WORK INSTRUCTION =>
Word for word, reproduce the data that follows.

[Stored data]
-.-.-
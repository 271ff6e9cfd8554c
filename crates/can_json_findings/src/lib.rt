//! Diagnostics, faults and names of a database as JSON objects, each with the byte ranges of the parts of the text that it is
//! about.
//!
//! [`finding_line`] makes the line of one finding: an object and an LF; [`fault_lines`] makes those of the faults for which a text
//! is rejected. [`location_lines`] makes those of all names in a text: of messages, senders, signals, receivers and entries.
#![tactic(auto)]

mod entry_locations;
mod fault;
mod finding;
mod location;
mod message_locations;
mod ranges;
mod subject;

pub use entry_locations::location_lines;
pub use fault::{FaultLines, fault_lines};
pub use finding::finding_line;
-.-.-
WRITTEN ANSWER =>
repository 271ff6e9cfd8554c
filename crates/can_json_findings/src/lib.rt
//! Diagnostics, faults and names of a database as JSON objects, each with the byte ranges of the parts of the text that it is
//! about.
//!
//! [`finding_line`] makes the line of one finding: an object and an LF; [`fault_lines`] makes those of the faults for which a text
//! is rejected. [`location_lines`] makes those of all names in a text: of messages, senders, signals, receivers and entries.
#![tactic(auto)]

mod entry_locations;
mod fault;
mod finding;
mod location;
mod message_locations;
mod ranges;
mod subject;

pub use entry_locations::location_lines;
pub use fault::{FaultLines, fault_lines};
pub use finding::finding_line;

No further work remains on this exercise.